Records from a data source:
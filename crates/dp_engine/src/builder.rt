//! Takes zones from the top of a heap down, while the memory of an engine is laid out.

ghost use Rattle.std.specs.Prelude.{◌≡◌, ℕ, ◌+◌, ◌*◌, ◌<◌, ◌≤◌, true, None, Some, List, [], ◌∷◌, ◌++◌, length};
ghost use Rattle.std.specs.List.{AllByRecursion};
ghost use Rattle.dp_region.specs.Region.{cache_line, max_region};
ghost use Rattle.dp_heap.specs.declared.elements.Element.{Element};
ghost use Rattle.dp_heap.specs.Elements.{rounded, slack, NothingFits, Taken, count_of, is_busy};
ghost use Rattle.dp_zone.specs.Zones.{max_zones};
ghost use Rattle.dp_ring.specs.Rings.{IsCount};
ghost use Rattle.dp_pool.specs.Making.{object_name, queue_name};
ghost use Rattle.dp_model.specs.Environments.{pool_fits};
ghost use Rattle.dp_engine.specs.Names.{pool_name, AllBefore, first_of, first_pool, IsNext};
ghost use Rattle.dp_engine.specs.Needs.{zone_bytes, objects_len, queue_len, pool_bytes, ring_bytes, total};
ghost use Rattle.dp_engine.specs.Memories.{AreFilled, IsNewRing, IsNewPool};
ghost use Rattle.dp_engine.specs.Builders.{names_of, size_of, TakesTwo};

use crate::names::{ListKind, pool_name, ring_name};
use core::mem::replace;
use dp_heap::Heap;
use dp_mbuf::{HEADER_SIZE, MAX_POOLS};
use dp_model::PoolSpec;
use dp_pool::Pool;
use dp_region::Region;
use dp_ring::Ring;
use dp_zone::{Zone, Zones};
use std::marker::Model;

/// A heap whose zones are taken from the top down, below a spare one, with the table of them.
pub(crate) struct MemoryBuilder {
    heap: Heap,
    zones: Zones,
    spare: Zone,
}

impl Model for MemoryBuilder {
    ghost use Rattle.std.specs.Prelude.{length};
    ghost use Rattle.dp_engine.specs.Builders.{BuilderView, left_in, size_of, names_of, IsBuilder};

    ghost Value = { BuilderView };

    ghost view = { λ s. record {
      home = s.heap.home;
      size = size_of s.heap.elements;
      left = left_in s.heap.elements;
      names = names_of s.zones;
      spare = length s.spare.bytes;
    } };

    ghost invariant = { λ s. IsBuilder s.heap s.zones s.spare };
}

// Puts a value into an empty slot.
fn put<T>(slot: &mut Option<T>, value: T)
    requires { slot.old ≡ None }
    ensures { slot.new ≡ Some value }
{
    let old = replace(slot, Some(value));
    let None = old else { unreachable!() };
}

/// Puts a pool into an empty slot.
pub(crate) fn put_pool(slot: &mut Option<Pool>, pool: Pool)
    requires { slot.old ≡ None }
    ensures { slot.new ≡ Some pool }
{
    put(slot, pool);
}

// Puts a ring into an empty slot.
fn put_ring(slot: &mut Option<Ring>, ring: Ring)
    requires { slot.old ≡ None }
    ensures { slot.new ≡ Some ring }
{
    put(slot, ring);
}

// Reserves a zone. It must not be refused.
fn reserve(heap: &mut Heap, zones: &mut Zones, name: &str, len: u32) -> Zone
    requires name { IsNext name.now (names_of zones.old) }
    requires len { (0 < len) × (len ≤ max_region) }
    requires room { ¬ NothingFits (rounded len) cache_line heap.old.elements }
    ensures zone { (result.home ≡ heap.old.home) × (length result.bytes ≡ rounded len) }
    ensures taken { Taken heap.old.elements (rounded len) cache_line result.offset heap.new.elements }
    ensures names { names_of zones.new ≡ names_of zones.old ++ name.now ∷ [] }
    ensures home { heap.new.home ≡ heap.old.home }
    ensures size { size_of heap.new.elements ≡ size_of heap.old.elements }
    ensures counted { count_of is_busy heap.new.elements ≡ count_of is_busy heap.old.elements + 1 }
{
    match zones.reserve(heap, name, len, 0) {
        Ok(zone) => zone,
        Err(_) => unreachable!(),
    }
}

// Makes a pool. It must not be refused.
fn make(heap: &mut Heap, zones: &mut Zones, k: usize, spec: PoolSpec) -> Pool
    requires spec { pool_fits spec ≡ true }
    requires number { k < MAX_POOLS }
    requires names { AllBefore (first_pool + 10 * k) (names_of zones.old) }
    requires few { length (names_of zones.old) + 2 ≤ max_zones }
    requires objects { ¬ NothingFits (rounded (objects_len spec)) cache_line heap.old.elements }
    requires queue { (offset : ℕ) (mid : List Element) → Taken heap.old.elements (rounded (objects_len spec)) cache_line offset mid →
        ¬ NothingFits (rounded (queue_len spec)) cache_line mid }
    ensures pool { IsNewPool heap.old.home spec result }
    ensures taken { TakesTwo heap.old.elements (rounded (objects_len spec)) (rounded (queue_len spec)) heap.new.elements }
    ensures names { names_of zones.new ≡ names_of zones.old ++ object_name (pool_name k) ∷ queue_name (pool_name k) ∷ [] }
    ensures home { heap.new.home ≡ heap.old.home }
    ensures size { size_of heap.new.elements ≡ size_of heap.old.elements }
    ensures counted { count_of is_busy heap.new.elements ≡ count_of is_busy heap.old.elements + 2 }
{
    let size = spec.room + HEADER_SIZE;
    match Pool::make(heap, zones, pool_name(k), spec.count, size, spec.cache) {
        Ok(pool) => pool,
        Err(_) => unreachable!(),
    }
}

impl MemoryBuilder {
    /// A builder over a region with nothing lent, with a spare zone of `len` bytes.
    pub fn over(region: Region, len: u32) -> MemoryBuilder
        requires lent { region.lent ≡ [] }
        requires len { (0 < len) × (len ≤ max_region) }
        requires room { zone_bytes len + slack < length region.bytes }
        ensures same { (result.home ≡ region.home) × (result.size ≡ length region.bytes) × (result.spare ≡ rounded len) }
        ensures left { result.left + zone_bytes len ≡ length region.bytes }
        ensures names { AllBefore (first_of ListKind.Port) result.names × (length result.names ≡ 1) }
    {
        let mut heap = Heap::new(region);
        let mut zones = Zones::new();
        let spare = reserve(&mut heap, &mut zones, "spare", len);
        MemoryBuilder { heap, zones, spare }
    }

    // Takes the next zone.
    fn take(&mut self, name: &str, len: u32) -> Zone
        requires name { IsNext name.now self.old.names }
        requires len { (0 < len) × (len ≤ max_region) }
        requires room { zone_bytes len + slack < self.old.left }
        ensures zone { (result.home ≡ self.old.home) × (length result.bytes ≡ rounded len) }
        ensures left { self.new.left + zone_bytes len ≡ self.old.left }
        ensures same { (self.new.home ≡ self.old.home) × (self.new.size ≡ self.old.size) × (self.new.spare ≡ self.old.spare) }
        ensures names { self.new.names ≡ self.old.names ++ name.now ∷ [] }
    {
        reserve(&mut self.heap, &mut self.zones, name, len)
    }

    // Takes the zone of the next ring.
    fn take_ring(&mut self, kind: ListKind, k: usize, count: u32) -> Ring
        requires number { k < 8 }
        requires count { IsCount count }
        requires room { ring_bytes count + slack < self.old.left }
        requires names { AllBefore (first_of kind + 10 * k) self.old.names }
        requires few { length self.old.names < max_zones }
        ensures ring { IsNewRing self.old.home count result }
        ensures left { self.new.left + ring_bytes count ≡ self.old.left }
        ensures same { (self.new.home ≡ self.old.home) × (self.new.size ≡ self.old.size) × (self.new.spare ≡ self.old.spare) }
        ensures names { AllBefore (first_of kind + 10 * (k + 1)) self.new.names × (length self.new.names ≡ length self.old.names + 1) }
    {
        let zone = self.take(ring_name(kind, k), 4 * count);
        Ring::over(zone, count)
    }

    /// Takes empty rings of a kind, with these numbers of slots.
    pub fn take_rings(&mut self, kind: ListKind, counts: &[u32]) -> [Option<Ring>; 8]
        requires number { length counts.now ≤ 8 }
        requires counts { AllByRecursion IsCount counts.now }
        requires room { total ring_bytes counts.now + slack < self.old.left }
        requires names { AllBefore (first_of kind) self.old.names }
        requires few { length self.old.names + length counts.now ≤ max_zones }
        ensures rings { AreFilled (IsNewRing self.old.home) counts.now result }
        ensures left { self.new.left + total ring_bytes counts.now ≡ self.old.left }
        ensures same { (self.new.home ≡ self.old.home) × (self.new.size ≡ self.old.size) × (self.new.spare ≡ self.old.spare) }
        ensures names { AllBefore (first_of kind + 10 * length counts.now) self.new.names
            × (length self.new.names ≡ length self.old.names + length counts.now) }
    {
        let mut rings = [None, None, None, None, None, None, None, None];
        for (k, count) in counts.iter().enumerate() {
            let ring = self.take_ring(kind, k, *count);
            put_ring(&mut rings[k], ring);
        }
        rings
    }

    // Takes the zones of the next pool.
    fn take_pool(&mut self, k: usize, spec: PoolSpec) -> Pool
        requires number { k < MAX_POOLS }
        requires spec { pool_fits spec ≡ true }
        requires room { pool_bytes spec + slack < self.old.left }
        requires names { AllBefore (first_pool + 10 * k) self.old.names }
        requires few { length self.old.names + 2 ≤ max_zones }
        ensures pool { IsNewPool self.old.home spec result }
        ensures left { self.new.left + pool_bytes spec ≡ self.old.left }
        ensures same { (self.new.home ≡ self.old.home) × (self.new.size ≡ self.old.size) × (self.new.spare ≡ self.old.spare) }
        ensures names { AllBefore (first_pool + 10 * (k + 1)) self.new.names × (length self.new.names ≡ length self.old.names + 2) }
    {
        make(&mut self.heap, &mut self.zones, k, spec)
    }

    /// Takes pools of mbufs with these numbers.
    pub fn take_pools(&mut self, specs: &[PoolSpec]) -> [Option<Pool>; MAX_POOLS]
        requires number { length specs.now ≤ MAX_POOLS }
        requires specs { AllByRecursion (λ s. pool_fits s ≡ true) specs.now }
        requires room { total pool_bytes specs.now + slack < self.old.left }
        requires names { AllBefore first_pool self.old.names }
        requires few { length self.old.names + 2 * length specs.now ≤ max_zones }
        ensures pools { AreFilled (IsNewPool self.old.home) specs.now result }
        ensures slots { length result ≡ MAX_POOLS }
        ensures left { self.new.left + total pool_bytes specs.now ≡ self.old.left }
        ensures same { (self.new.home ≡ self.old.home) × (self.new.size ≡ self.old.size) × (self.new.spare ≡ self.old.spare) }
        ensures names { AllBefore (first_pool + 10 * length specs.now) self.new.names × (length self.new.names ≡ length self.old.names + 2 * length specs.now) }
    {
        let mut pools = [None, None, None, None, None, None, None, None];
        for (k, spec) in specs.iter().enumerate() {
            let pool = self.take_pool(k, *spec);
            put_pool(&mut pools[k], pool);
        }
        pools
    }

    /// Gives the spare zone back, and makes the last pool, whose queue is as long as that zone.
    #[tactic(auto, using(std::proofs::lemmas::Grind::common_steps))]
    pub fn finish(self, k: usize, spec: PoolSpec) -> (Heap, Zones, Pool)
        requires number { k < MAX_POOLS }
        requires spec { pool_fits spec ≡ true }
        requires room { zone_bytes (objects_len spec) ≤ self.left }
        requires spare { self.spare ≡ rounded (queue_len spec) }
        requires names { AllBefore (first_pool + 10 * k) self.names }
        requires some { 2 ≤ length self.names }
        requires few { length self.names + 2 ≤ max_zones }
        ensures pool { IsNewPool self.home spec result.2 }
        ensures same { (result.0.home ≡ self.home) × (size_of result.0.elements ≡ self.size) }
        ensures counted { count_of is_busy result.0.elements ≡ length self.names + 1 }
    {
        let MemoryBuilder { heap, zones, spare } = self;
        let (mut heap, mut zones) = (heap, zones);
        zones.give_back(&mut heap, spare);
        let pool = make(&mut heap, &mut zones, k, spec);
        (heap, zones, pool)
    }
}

--

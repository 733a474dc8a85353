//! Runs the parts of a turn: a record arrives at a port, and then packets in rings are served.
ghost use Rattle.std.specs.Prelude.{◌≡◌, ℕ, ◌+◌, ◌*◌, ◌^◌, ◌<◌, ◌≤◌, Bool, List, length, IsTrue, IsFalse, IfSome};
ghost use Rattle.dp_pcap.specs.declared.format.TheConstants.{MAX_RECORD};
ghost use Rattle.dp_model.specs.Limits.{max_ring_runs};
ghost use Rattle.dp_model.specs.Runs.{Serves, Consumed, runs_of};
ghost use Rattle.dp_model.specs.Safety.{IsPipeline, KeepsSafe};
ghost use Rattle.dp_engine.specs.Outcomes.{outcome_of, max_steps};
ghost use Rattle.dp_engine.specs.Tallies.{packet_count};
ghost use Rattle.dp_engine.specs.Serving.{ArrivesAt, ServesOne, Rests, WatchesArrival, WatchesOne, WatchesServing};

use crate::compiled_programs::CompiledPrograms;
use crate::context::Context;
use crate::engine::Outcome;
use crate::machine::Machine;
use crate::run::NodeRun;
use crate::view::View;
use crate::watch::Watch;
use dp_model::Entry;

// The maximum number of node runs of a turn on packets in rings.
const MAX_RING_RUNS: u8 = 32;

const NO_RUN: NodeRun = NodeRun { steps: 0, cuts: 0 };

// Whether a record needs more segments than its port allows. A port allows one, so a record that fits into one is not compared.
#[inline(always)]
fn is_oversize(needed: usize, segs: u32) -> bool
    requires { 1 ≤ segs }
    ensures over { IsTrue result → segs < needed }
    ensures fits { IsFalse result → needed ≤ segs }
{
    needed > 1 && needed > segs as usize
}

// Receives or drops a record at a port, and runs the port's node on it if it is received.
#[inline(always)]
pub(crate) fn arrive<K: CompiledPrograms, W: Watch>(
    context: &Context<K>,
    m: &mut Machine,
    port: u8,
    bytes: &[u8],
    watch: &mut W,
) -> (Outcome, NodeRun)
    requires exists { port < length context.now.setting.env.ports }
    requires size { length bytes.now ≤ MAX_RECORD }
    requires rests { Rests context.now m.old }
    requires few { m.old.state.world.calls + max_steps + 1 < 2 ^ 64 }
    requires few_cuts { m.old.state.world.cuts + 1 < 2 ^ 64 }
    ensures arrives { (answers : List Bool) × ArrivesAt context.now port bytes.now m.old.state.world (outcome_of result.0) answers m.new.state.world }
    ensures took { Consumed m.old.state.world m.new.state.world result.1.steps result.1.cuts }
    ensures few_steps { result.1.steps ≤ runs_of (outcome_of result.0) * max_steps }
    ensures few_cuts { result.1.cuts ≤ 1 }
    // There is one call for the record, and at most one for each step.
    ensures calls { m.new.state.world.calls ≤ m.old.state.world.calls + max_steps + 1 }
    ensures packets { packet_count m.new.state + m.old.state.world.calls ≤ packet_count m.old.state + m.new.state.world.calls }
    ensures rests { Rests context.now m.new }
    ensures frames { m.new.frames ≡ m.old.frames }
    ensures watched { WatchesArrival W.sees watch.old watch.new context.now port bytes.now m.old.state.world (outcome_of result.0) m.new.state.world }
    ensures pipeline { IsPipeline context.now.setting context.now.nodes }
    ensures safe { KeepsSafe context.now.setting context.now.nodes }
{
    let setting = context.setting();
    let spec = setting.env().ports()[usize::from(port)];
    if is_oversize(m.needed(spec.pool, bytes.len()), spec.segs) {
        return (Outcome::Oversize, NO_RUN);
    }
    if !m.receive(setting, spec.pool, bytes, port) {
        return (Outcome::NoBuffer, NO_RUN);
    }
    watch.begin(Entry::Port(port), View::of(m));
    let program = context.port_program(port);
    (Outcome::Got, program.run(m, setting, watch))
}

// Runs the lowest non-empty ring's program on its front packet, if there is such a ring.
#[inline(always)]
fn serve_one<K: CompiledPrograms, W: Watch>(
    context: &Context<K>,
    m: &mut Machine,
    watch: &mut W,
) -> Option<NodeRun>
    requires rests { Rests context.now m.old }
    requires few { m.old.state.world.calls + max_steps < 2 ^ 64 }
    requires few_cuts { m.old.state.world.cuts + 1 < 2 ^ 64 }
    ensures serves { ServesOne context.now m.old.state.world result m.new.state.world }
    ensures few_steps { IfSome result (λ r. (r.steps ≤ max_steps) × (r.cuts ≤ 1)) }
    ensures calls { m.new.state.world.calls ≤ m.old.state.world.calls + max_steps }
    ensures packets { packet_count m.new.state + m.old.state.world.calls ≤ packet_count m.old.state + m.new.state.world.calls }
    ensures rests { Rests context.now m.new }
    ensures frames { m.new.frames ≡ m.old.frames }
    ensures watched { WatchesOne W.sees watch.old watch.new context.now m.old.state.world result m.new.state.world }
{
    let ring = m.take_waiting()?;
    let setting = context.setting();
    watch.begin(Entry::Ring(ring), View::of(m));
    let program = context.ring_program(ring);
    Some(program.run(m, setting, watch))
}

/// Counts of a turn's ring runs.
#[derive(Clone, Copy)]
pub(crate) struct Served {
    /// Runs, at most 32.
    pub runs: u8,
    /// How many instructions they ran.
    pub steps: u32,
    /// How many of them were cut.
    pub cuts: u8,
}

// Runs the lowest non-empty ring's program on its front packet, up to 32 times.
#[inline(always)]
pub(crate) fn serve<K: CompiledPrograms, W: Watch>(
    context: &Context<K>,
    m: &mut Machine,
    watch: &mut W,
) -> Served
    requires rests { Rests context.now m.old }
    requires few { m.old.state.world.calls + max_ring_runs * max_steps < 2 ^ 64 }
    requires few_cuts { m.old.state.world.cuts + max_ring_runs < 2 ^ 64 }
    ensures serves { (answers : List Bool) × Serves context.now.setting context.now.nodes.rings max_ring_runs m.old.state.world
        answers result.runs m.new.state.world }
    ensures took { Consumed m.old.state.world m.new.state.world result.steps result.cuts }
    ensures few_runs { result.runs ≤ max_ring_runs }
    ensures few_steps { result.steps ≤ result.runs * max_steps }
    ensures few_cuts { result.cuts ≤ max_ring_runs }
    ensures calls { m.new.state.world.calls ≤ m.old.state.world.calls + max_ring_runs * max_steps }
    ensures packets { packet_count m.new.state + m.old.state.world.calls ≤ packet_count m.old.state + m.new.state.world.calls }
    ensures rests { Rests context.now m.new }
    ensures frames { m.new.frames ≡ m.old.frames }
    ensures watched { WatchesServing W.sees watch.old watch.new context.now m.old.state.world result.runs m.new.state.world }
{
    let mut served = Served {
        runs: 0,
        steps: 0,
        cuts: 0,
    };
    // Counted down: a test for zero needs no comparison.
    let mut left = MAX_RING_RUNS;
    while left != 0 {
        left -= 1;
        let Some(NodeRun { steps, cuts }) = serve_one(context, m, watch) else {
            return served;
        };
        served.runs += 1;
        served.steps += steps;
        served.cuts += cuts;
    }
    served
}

→ Instructions to follow
Search the records for the string "sees", and copy every line that holds it.

→ Response
    ensures watched { WatchesArrival W.sees watch.old watch.new context.now port bytes.now m.old.state.world (outcome_of result.0) m.new.state.world }
    ensures watched { WatchesOne W.sees watch.old watch.new context.now m.old.state.world result m.new.state.world }
    ensures watched { WatchesServing W.sees watch.old watch.new context.now m.old.state.world result.runs m.new.state.world }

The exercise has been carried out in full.